As a person who mainly games on PC and enjoys his Ninty consoles for relaxing, I'm pretty excited for this year for Wii U. I've always been a huge Mario Kart fan since the Gamecube version, pre-ordered MK Wii, played it for probably four years on a regular basic, and put 100+ hours on the 3DS version. Same can be said for the Smash Bros franchise. 

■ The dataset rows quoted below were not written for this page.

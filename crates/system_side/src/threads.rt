//! The threads that were started, and which of them may step.

ghost use Rattle.std.specs.Prelude.{◌≡◌, ◌↔◌, ℕ, ◌<◌, ◌≤◌, ◌++◌, [], ◌∷◌, true, false, length, map, IfOk, IsNone, slice_set, slice_index_or};
ghost use Rattle.std.specs.List.{find};
ghost use Rattle.system_side.specs.Threads.{same_wait, waits_for, woken, standing_of, may_step, is_ready, order_of, HasBits};

use crate::mask::{bits_from, lowest, with_bit, without_bit};
use std::alloc::{AllocError, Global};
use std::marker::Model;

/// How many threads can be started.
pub const THREADS: usize = 32;

/// What a thread waits for.
#[derive(Clone, Copy)]
pub enum Wait {
    /// The mutex with this number.
    Mutex(i32),
    /// The end of the thread with this number.
    Thread(i32),
}

impl Wait {
    /// Whether both are the same.
    pub fn is(self, other: Wait) -> bool
        ensures { result ≡ same_wait self other }
    {
        match (self, other) {
            (Wait::Mutex(m), Wait::Mutex(n)) => m == n,
            (Wait::Thread(t), Wait::Thread(u)) => t == u,
            _ => false,
        }
    }
}

/// Where a started thread stands.
#[derive(Clone, Copy)]
pub enum Standing {
    /// It may step.
    Ready,
    /// It is blocked.
    Waits(Wait),
    /// Its first function returned this result.
    Ended(i32),
}

impl Standing {
    fn waits_for(self, wait: Wait) -> bool
        ensures { result ≡ waits_for wait self }
    {
        match self {
            Standing::Waits(other) => other.is(wait),
            _ => false,
        }
    }
}

/// The started threads, by number. The bit of a thread that may step is set in `ready`.
#[derive(Drop)]
pub struct Threads {
    standings: Vec<Standing>,
    ready: u32,
}

impl Model for Threads {
    ghost use Rattle.std.specs.Prelude.{List};
    ghost use Rattle.std.specs.Vec.{vec_capacity};
    ghost use Rattle.system_side.specs.declared.threads.Standing.{Standing};
    ghost use Rattle.system_side.specs.Threads.{IsKept};

    ghost Value = { List Standing };

    ghost view = { λ t. t.standings.items };

    ghost invariant = { λ t. IsKept (vec_capacity t.standings) t.ready t.standings.items };
}

impl Threads {
    /// One thread that may step. It takes the memory for all threads that can be started.
    pub fn new(alloc: Global) -> Result<Threads, AllocError>
        ensures { IfOk result (λ threads. threads ≡ Standing.Ready ∷ []) }
    {
        let mut standings = Vec::with_capacity(alloc, THREADS)?;
        standings.push_reserved(Standing::Ready);
        Ok(Threads {
            standings,
            ready: 1,
        })
    }

    /// How many threads were started.
    pub fn len(&self) -> usize
        ensures count { result ≡ length self.now }
        ensures few { result ≤ 32 }
    {
        self.standings.len()
    }

    /// Where the thread stands, if it was started.
    pub fn standing(&self, thread: i32) -> Option<Standing>
        ensures { result ≡ standing_of self.now thread }
    {
        let at = usize::try_from(thread).ok()?;
        self.standings.get(at).copied()
    }

    /// Starts one more thread.
    pub fn start(&mut self)
        requires { length self.old < 32 }
        ensures { self.new ≡ self.old ++ Standing.Ready ∷ [] }
    {
        self.ready = with_bit(self.ready, self.standings.len() as u32);
        self.standings.push_reserved(Standing::Ready);
    }

    /// Puts a thread where it doesn't step.
    pub fn stop(&mut self, thread: u8, standing: Standing)
        requires started { thread < length self.old }
        requires stops { may_step standing ≡ false }
        ensures { self.new ≡ slice_set self.old thread standing }
    {
        self.ready = without_bit(self.ready, u32::from(thread));
        self.standings[usize::from(thread)] = standing;
    }

    /// Makes the threads ready that wait for what has come.
    pub fn wake(&mut self, wait: Wait)
        ensures { self.new ≡ map (woken wait) self.old }
    {
        self.ready = wake_all(&mut self.standings, self.ready, wait);
    }

    /// The first thread from `wish` on that may step, or else the first one.
    pub fn pick(&self, wish: u8) -> Option<u8>
        ensures first { result ≡ find (is_ready self.now) (order_of wish) }
        ensures none { IsNone result ↔ ((t : ℕ) → is_ready self.now t ≡ false) }
    {
        match lowest(bits_from(self.ready, u32::from(wish))) {
            Some(thread) => Some(thread),
            None => lowest(self.ready),
        }
    }
}

// Makes the threads ready that wait for what has come, and gives their mask.
fn wake_all(standings: &mut [Standing], ready: u32, wait: Wait) -> u32
    requires few { length standings.old ≤ 32 }
    requires bits { HasBits ready standings.old }
    ensures woken { standings.new ≡ map (woken wait) standings.old }
    ensures bits { HasBits result standings.new }
{
    let mut ready = ready;
    for at in 0..standings.len() {
        ready = wake_one(standings, ready, at, wait);
    }
    ready
}

// The same for one thread.
fn wake_one(standings: &mut [Standing], ready: u32, at: usize, wait: Wait) -> u32
    requires inside { at < length standings.old }
    requires few { length standings.old ≤ 32 }
    requires bits { HasBits ready standings.old }
    ensures woken { standings.new ≡ slice_set standings.old at
        (woken wait (slice_index_or standings.old at Standing.Ready)) }
    ensures bits { HasBits result standings.new }
{
    if standings[at].waits_for(wait) {
        standings[at] = Standing::Ready;
        with_bit(ready, at as u32)
    } else {
        ready
    }
}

I'm sure those two games, and the others that will be coming out this year will get it far enough out of the water that it'll be able to be a nice little console for a few more years.


----------



## ShadowFyre (Jan 5, 2014)

Being accustomed to Nintendo consoles, I'd love for the WiiU to trump the other 2 consoles. Things just don't work that way though due to its lack of games and dead userbase. That being said, the main reason you'd ever want a WiiU is because of its amazing exclusives. A good PC and a WiiU would you pretty good coverage (Steamy Steam Steam Steam Steam), and its not that hard to get a good PC nowadays anyway.  
Voting for the PS4 since it'll probably do the best.


----------



## AngryGeek416 (Jan 5, 2014)

2014 i see as the Wii U's year, after that the PS4 will take over and hopefully the Xbone will fall into obscurity.


----------



## pubert09 (Jan 5, 2014)

I'm sensing a bias in the poll...


----------



## EyeZ (Jan 5, 2014)

My money's on the PS4.


----------



## gamefan5 (Jan 5, 2014)

For now, PS4


----------



## ShadowSoldier (Jan 5, 2014)

pubert09 said:


> I'm sensing a bias in the poll...



Uh why? If you mean against Xbox One, blame the price.


----------



## WiiCube_2013 (Jan 5, 2014)

Wii U. How could I not with games like these:

- Super Smash Bros. 4
- Mario Kart 8
- Bayonetta 2
- The Legend of Zelda: Hyrule Warriors
- Xenoblade 2
- Shin Megami X Tensei
- *rumoured unannounced 3rd party exclusive*

I have Bayo 2 on pre-order and whenever that's in stock it has to be mine!


----------



## Gahars (Jan 5, 2014)

WiiCube_2013 said:


> - *rumoured unannounced 3rd party exclusive*


 

I wouldn't get my hopes up if I were you...


----------



## Dork (Jan 5, 2014)

WiiCube_2013 said:


> Wii U. How could I not with games like these:
> 
> - Super Smash Bros. 4
> - Mario Kart 8
> ...


 
Don't forget Miyamoto's new IP.


----------



## omgpwn666 (Jan 6, 2014)

Hardest decision I've ever had to make... Yeah, I have a pretty easy life. 
I want to say Wii U, but that would just be me hoping for the best. As for PS4 and Xbox One, I feel as if they're pretty much the same system with a few different select exclusives worth playing. I flipped a coin and chose Xbox, but if I could, I would choose PS4 and Xbox One(I am aware choosing both makes no sense). Sorry Wii U, I love you, but I can't choose you!


----------



## chavosaur (Jan 6, 2014)

Langin said:


> I say PS4, why? Because I am a Nintendo fanboy.
> 
> Seriously though, Sony made some pretty good hype with the PS4, while XBOX One will slowly die in sales and Wii U will do it's thing I think PS4 will leave some huge footsteps on this world in it's first year. I've been in the games business for 1.5 years now and the PS3 has had the best sales of all.
> 
> wait I now realize we'll all have a great year, PS4 will have great sales and Wii U the games ^w^ everyone wins.(EXCEPT XBOX MWHAHAHAHAHAHAHAHAHAHAHAHHAHAHA *runs away* )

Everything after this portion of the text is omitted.